For Spector, the offer was precisely what he had been waiting for. His formative experience with the Teddy Bears, and the fifteen months he had spent working the angles in New York, had provided a salutary lesson in the hierarchy of the music business. Performers—particularly young and gullible ones—came bottom of the pecking order; songwriters, producers and music publishers occupied the next rung; but the real power lay with whoever owned the label and counted the money. Spector had achieved some success as a songwriter and as a staff and freelance producer; but his income was negligible compared to what he could earn if he took complete control of the entire recording process—writing, producing and publishing the songs and releasing them on his own label.

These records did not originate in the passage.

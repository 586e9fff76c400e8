// Clause text, read and written.
ghost use Rattle.std.specs.Prelude.{◌≡◌, length};
ghost use Rattle.texts.specs.Reading.{reading, row_after};
ghost use Rattle.texts.specs.Writing.{writing, buffer_after};
ghost use Rattle.boundary.specs.Answers.{told, read_numbers, written_numbers};

use crate::answer::{Answer, accepted, refused};
use texts::reading::read;
use texts::writing::write;

/// Reads clause text into a lent row; also returns the variables and the entries.
#[tactic(auto, unfolding(crate::specs::Answers::told, crate::specs::Answers::read_numbers, crate::specs::Answers::accepted, crate::specs::Answers::refused, rules::specs::Calls::numbers, rules::specs::Calls::returned))]
#[unsafe(no_mangle)]
pub extern "C" fn choptimber_read(text: &[u8], row: &mut [i32]) -> Answer
    ensures is { result ≡ told (read_numbers (reading text.now (length row.old))) }
    ensures written { row.new ≡ row_after text.now row.old }
{
    match read(text, row) {
        Ok(reading) => accepted(reading.variables, reading.entries),
        Err(why) => refused(why),
    }
}

/// Writes a table as clause text into a lent buffer; also returns the bytes.
#[tactic(auto, unfolding(crate::specs::Answers::told, crate::specs::Answers::written_numbers, crate::specs::Answers::accepted, crate::specs::Answers::refused, rules::specs::Calls::numbers, rules::specs::Calls::returned))]
#[unsafe(no_mangle)]
pub extern "C" fn choptimber_write(n: usize, table: &[i32], out: &mut [u8]) -> Answer
    ensures is { result ≡ told (written_numbers (writing n table.now (length out.old))) }
    ensures written { out.new ≡ buffer_after n table.now out.old }
{
    match write(n, table, out) {
        Ok(bytes) => accepted(bytes, 0),
        Err(why) => refused(why),
    }
}
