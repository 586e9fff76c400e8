// A gate's value: each kind has its own rule, from how many inputs are true and how many there are.
ghost use Rattle.std.specs.Prelude.{◌≡◌, ◌<◌, ◌≤◌, map, not};
ghost use Rattle.std.specs.List.{list_all};
ghost use Rattle.tables.specs.Literal.{literal, neg, valued};
ghost use Rattle.rules.specs.Kinds.{signs, rule};
ghost use Rattle.rules.specs.Patterns.{odd};
ghost use Rattle.gates.specs.Sites.{Within, gate_of};
ghost use Rattle.gates.specs.Inputs.{inputs};
ghost use Rattle.gates.specs.Counting.{by_count};

use crate::inputs::{input_count, true_count};
use crate::kinds::{AND, CG, DG, NAND, NOR, OR, XNOR, XOR};
use crate::site::Site;
use tables::literal::{is_negative, literal};

/// What a kind's rule makes of so many true inputs. The inputs of cg and dg count by their signs, the others by variable.
#[tactic(auto, unfolding(crate::specs::Counting::by_count))]
pub fn rule_of(kind: u8, trues: usize, inputs: usize) -> bool
    requires { kind < 8 }
    ensures { result ≡ by_count kind trues inputs }
{
    match kind {
        AND => trues == inputs,
        NOR => trues == 0,
        CG => trues == inputs,
        OR => trues > 0,
        NAND => trues != inputs,
        DG => trues > 0,
        XOR => trues % 2 == 1,
        _ => trues % 2 == 0,
    }
}

/// Whether an odd number of the clause's literals is negative.
// Counted, for a clause of any length: the search for patterns has it for at most five literals, as ones of their sign mask.
#[tactic(auto, using(crate::proofs::Counts::odd_count), unfolding(rules::specs::Patterns::odd))]
pub fn is_odd(clause: &[i32]) -> bool
    ensures { result ≡ odd (map literal clause.now) }
{
    let negatives = clause
        .iter()
        .map(|&entry| literal(entry))
        .filter(|&l| is_negative(l))
        .count();
    negatives % 2 == 1
}

/// Whether no input is negative.
fn are_positive(row: &[i32], site: Site) -> bool
    requires { Within row.now site }
    ensures { result ≡ list_all (λ l. not (neg l)) (inputs row.now site) }
{
    site.inputs(row).all(|l| !is_negative(l))
}

/// Whether every input is negative.
fn are_negative(row: &[i32], site: Site) -> bool
    requires { Within row.now site }
    ensures { result ≡ list_all neg (inputs row.now site) }
{
    site.inputs(row).all(|l| is_negative(l))
}

/// The signs of a gate's inputs, as the kind table has them.
#[tactic(auto, unfolding(rules::specs::Kinds::signs))]
fn signs(row: &[i32], site: Site) -> u8
    requires { Within row.now site }
    ensures is { result ≡ signs (inputs row.now site) }
    ensures within { result ≤ 2 }
{
    if are_positive(row, site) {
        0
    } else if are_negative(row, site) {
        1
    } else {
        2
    }
}

/// The number of a gate's kind.
#[tactic(auto, using(crate::proofs::SiteGates::kind_parity, crate::proofs::SiteGates::kind_and), unfolding(rules::specs::Kinds::parity_kind))]
pub fn site_kind(row: &[i32], site: Site) -> u8
    requires { Within row.now site }
    ensures is { result ≡ (gate_of row.now site).kind }
    ensures within { result < 8 }
{
    if site.parity {
        if is_odd(site.anchor(row)) { XOR } else { XNOR }
    } else if is_negative(site.output) {
        OR + signs(row, site)
    } else {
        AND + signs(row, site)
    }
}

/// A gate's value where each variable has its own.
pub fn site_value(row: &[i32], site: Site, values: &[u8]) -> bool
    requires { Within row.now site }
    ensures { result ≡ rule (gate_of row.now site).kind (valued values.now) (gate_of row.now site).inputs }
{
    let kind = site_kind(row, site);
    rule_of(
        kind,
        true_count(row, site, kind, values),
        input_count(row, site),
    )
}
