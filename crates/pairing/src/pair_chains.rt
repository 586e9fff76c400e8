// The clauses of two literals of a row, chained by their first literal, so that one of them is found without a look at the
// others. A chain's cell holds one more than the place where a clause begins, or 0 at the chain's end.
ghost use Rattle.std.specs.Prelude.{◌≡◌, ◌+◌, ◌<◌, ◌≤◌, ◌^◌, ◌∷◌, ◌&&◌, [], map, length, get_or, set, replicate};
ghost use Rattle.std.specs.List.{All};
ghost use Rattle.ways.specs.Ways.{among};
ghost use Rattle.tables.specs.Sizes.{most_entries};
ghost use Rattle.tables.specs.Literal.{literal};
ghost use Rattle.tables.specs.Clause.{clauses};
ghost use Rattle.pairing.specs.PairChains.{Indexed, Indexed-prop};
ghost use Rattle.pairing.specs.Pairs.{paired_in};

use tables::literal::{literal, opposite};
use tables::rows::clauses_of;

/// A row with its chains.
#[derive(Drop)]
pub struct PairIndex<'a> {
    pub row: &'a [i32],
    head: &'a [u16],
    next: &'a [u16],
    ghost indexed: { Indexed row.now head.now next.now } by { Indexed-prop row.now head.now next.now },
    ghost room: { length row.now ≤ length next.now },
}

/// Puts the clause that begins at a place in front of the chain of its first literal.
fn link(head: &mut [u16], next: &mut [u16], first: usize, start: usize)
    requires first_in { first < length head.old }
    requires start_in { start < length next.old }
    requires fits { start + 1 < 2 ^ 16 }
    ensures heads { head.new ≡ set head.old first (start + 1) }
    ensures nexts { next.new ≡ set next.old start (get_or head.old first 0) }
{
    next[start] = head[first];
    head[first] = (start + 1) as u16;
}

/// The cell at a place: there is no chain beyond the last.
fn cell_at(cells: &[u16], place: usize) -> usize
    ensures { result ≡ get_or cells.now place 0 }
{
    match cells.get(place) {
        Some(&cell) => usize::from(cell),
        None => 0,
    }
}

impl<'a> PairIndex<'a> {
    /// Chains the clauses of two literals, in lent memory that has no chain yet.
    #[tactic(auto, using(crate::proofs::ChainSteps::chain_begins, crate::proofs::ChainSteps::chain_ends))]
    pub fn new(row: &'a [i32], head: &'a mut [u16], next: &'a mut [u16]) -> PairIndex<'a>
        requires inside { All (λ e. literal e < length head.old) row.now }
        requires none { head.old ≡ replicate (length head.old) 0 }
        requires room { length row.now ≤ length next.old }
        requires short { length row.now ≤ most_entries }
        ensures { result.row.now ≡ row.now }
    {
        let mut start = 0;
        for clause in clauses_of(row) {
            if clause.len() == 2 {
                link(head, next, literal(clause[0]), start);
            }
            start += clause.len() + 1;
        }
        PairIndex { row, head, next }
    }
}

impl PairIndex<'_> {
    /// Whether the row has the clause of two literals.
    fn has_clause(&self, x: usize, y: usize) -> bool
        ensures { result ≡ among (x ∷ y ∷ []) (clauses self.now.row.now) }
    {
        let mut cell = cell_at(self.head, x);
        while cell > 0 {
            if y == literal(self.row[cell]) {
                return true;
            }
            cell = cell_at(self.next, cell - 1);
        }
        false
    }

    /// Whether a clause makes a pair in the row.
    pub fn is_pair(&self, clause: &[i32]) -> bool
        ensures { result ≡ paired_in (clauses self.now.row.now) (map literal clause.now) }
    {
        clause.len() == 2
            && self.has_clause(opposite(literal(clause[0])), opposite(literal(clause[1])))
    }
}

But of even greater importance to Spector was the fact that he would at last have complete freedom to record who he wanted to, how he wanted to and when he wanted to. Spector, it was agreed, would control the artistic direction of the new label from his base in New York, while Sill took care of sales and promotion in Los Angeles. The label would be called Philles—a blending of its partners’ names, Phil and Les. At the same time, Spector set up his own publishing company, dedicating its name to the woman he most loved and hated—Mother Bertha Music.
In search of a distributor for the new label, Sill turned to his old partners Harold Lipsius and Harry Finfer at Universal Distributors in Philadelphia, striking a deal to finance, press and distribute Philles records in exchange for a one-third stake in the profits.